I can’t help but think about how a person’s car, whether they realize it or not, reflect parts of their personalities. For example, driving a Prius speaks of a sensible nature. It’s insanely difficult to articulate how an inanimate object whose only purpose is to transport you from one place to another can elicit such strong emotions from people, or any emotions at all. I’ve owned and shared three cars in my life, each one having a different meaning to me. My first car was a brand new 2015 Honda Accord that I loved aggressively. That car, to me, represented independence and freedom—it was the first car I owned. The second car I had, a 2004 Lincoln Towncar, I shared with my father. It was my grandfather’s. He recently passed, but driving his car that still smells like him reminds me of when he would drive me and my family around, and it makes me feel close to him. And now I have a murderous Jeep. Yet, driving and owning this Jeep feels like owning a golden retriever that’s going blind—she means well and is just frustratingly clumsy.

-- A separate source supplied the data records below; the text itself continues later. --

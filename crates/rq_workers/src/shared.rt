//! The step interface over a shared engine, for one thread.
ghost use Rattle.std.specs.Prelude.{◌≡◌, ◌≤◌, ◌+◌, List, [], ◌∷◌, true, length, IfSome, IfNone};
ghost use Rattle.rq_engine.specs.Says.{call_of, has_body};
ghost use Rattle.rq_shared.specs.declared.kept.Stamped.{Stamped as Stamp};
ghost use Rattle.rq_workers.specs.Forcing.{lsn_forced};
ghost use Rattle.rq_workers.specs.Keeping.{count_left};
ghost use Rattle.rq_shared.specs.Calls.{CountsTaken, IsCalled, IsForced, IsTaken};

use crate::steps::Steps;
use rq_bytes::GhostList;
use rq_disk::{LogDevice, PageDevice};
use rq_engine::event::Event;
use rq_level::Level;
use rq_shared::guarded::Pass;
use rq_shared::kept::{Stamped, Taken};
use rq_shared::mark::{Mark, MarkPass};
use rq_shared::shared::EngineLock;
use rq_shared::sharing::Sharing;
use std::snapshot::Snapshot;
use std::sync::Wait;

/// Where the stamps of a thread's calls go, once they were read.
pub trait StampSink {
    /// The stamps that it was handed, the newest first.
    ghost handed: { Self → List Stamp };

    /// Takes a stamp.
    fn keep(&mut self, stamped: Stamped)
        ensures { handed self.new ≡ stamped ∷ handed self.old };
}

/// Stamps are dropped.
#[derive(Drop)]
pub struct DropStamps {
    handed: Snapshot<GhostList<Stamped>>,
}

impl DropStamps {
    /// No stamp was handed over yet.
    pub fn new() -> Self
        ensures { result.handed.value ≡ [] }
    {
        DropStamps {
            handed: GhostList::empty(),
        }
    }
}

impl StampSink for DropStamps {
    ghost handed = { λ k. k.handed.value };

    fn keep(&mut self, stamped: Stamped) {
        GhostList::push(&mut self.handed, &stamped);
    }
}

/// Calls under a pass. A force also publishes to a mark.
#[derive(Drop)]
pub struct SharedSteps<
    'a,
    P: PageDevice,
    L: LogDevice,
    B: Level,
    G: Sharing,
    R: Wait,
    K: StampSink,
> {
    rt: &'a R,
    lock: &'a EngineLock<P, L, B, G>,
    pass: Pass<G>,
    mark: &'a Mark,
    seat: MarkPass,
    sink: K,
    made: Snapshot<GhostList<Stamped>>,
    forced: Snapshot<GhostList<Stamped>>,
    lacked: Snapshot<GhostList<()>>,
    ghost of_mark: { seat.table ≡ mark.now },
}

impl<
    'a,
    P: PageDevice + Drop,
    L: LogDevice + Drop,
    B: Level,
    G: Sharing,
    R: Wait,
    K: StampSink,
> SharedSteps<'a, P, L, B, G, R, K> {
    /// Calls under this pass, publishes by this seat of the mark, and hands stamps on to this sink. Nothing was called yet.
    pub fn new(
        rt: &'a R,
        lock: &'a EngineLock<P, L, B, G>,
        pass: Pass<G>,
        mark: &'a Mark,
        seat: MarkPass,
        sink: K,
    ) -> Self
        requires { seat.table ≡ mark.now }
        ensures given { (result.pass ≡ pass) × (result.seat ≡ seat) × (result.sink ≡ sink) }
        ensures none { (result.made.value ≡ []) × (result.forced.value ≡ []) × (result.lacked.value ≡ []) }
    {
        SharedSteps {
            rt,
            lock,
            pass,
            mark,
            seat,
            sink,
            made: GhostList::empty(),
            forced: GhostList::empty(),
            lacked: GhostList::empty(),
        }
    }

    /// The entries since the audit was last taken, those of other passes too, as `EngineLock::take_audit` answers them. The pass
    /// counts them.
    pub fn take_audit(&mut self) -> Taken<P, L, B>
        ensures taken { IsTaken P.PageDevice L.LogDevice G.premise result }
        ensures counted { CountsTaken self.old.pass (length result.audit) self.new.pass }
        ensures calls { (self.new.made.value ≡ self.old.made.value) × (self.new.forced.value ≡ self.old.forced.value) }
        ensures lacked { self.new.lacked.value ≡ self.old.lacked.value }
        ensures seat { self.new.seat ≡ self.old.seat }
        ensures told { K.handed self.new.sink ≡ K.handed self.old.sink }
    {
        self.lock.take_audit(self.rt, &mut self.pass)
    }

    /// The pass, the seat and what keeps the stamps.
    pub fn into_parts(self) -> (Pass<G>, MarkPass, K)
        ensures { (result.0 ≡ self.entry.pass) × (result.1 ≡ self.entry.seat) × (result.2 ≡ self.entry.sink) }
    {
        let SharedSteps {
            rt: _,
            lock: _,
            pass,
            mark: _,
            seat,
            sink,
            made: _,
            forced: _,
            lacked: _,
        } = self;
        (pass, seat, sink)
    }
}

impl<
    'a,
    P: PageDevice + Drop,
    L: LogDevice + Drop,
    B: Level,
    G: Sharing,
    R: Wait,
    K: StampSink,
> Steps for SharedSteps<'a, P, L, B, G, R, K> {
    ghost made = { λ s. s.made.value };

    ghost forced = { λ s. s.forced.value };

    ghost told = { λ s. K.handed s.sink };

    ghost lacked = { λ s. length s.lacked.value };

    ghost counted = { λ s. s.pass.calls };

    ghost shown = { λ s. s.seat.saw };

    fn call(&mut self, event: Event) -> Stamped
        ensures event { result.event ≡ event }
        ensures made { self.new.made.value ≡ result ∷ self.old.made.value }
        ensures forced { self.new.forced.value ≡ self.old.forced.value }
        ensures told { K.handed self.new.sink ≡ K.handed self.old.sink }
        ensures lacked { length self.new.lacked.value ≡ length self.old.lacked.value }
        ensures counted { self.new.pass.calls ≡ count_left result + self.old.pass.calls }
        ensures shown { self.old.seat.saw ≤ self.new.seat.saw }
        ensures called { IsCalled self.old.pass event result self.new.pass }
        ensures seat { self.new.seat ≡ self.old.seat }
    {
        let stamped = self.lock.call(self.rt, &mut self.pass, event);
        GhostList::push(&mut self.made, &stamped);
        stamped
    }

    /// Forces, and publishes how many records are forced to whoever reads the mark: what is read of it from then on is no
    /// less.
    fn force(&mut self) -> Stamped
        ensures event { result.event ≡ Event.Force }
        ensures made { self.new.made.value ≡ result ∷ self.old.made.value }
        ensures forced { self.new.forced.value ≡ result ∷ self.old.forced.value }
        ensures told { K.handed self.new.sink ≡ K.handed self.old.sink }
        ensures lacked { length self.new.lacked.value ≡ length self.old.lacked.value }
        ensures counted { self.new.pass.calls ≡ count_left result + self.old.pass.calls }
        ensures shown { (self.old.seat.saw ≤ self.new.seat.saw) × (lsn_forced result.reply ≤ self.new.seat.saw) }
        ensures published { IsForced self.old.pass self.old.seat result self.new.pass self.new.seat }
    {
        let stamped = self
            .lock
            .force(self.rt, &mut self.pass, self.mark, &mut self.seat);
        GhostList::push(&mut self.made, &stamped);
        GhostList::push(&mut self.forced, &stamped);
        stamped
    }

    fn seen(&mut self, stamped: Stamped)
        ensures made { self.new.made.value ≡ self.old.made.value }
        ensures forced { self.new.forced.value ≡ self.old.forced.value }
        ensures told { K.handed self.new.sink ≡ stamped ∷ K.handed self.old.sink }
        ensures lacked { length self.new.lacked.value ≡ length self.old.lacked.value }
        ensures counted { self.new.pass.calls ≡ self.old.pass.calls }
        ensures shown { self.old.seat.saw ≤ self.new.seat.saw }
        ensures pass { (self.new.pass ≡ self.old.pass) × (self.new.seat ≡ self.old.seat) }
    {
        self.sink.keep(stamped);
    }

    fn copy(&mut self, event: &Event) -> Option<Event>
        ensures copy { IfSome result (λ copy. (call_of copy ≡ call_of event.now)
            × (length self.new.lacked.value ≡ length self.old.lacked.value)) }
        ensures lacked { IfNone result (length self.new.lacked.value ≡ length self.old.lacked.value + 1) }
        ensures body { IfNone result (has_body (call_of event.now) ≡ true) }
        ensures made { self.new.made.value ≡ self.old.made.value }
        ensures forced { self.new.forced.value ≡ self.old.forced.value }
        ensures told { K.handed self.new.sink ≡ K.handed self.old.sink }
        ensures counted { self.new.pass.calls ≡ self.old.pass.calls }
        ensures shown { self.old.seat.saw ≤ self.new.seat.saw }
        ensures pass { (self.new.pass ≡ self.old.pass) × (self.new.seat ≡ self.old.seat) }
    {
        let copy = event.copied();
        if copy.is_none() {
            GhostList::push(&mut self.lacked, &());
        }
        copy
    }
}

I originally wanted to write this from the perspective of my Jeep because I thought it would be humorous in a particularly dark time to use a car as a mouthpiece, but it took a different turn. The more I talked to other people, sharing laughs and stories about cars, I realized that there was more to a car-loving lifestyle than what initially lets on. At its core, this shared passion between young and old, men and women, rich and poor—it’s about freedom and individualism. It’s also about brief reprieve. Like any other hobby that grants people peace, it can serve as a temporary escape from the multitude of problems that may weigh you down throughout the day.

Because the construction of this article took the turn that it did, I learned more from it. I’m glad I went along with the ride…

…And yes, I did feel obligated to make a car pun, and no, I do not feel ashamed for doing so.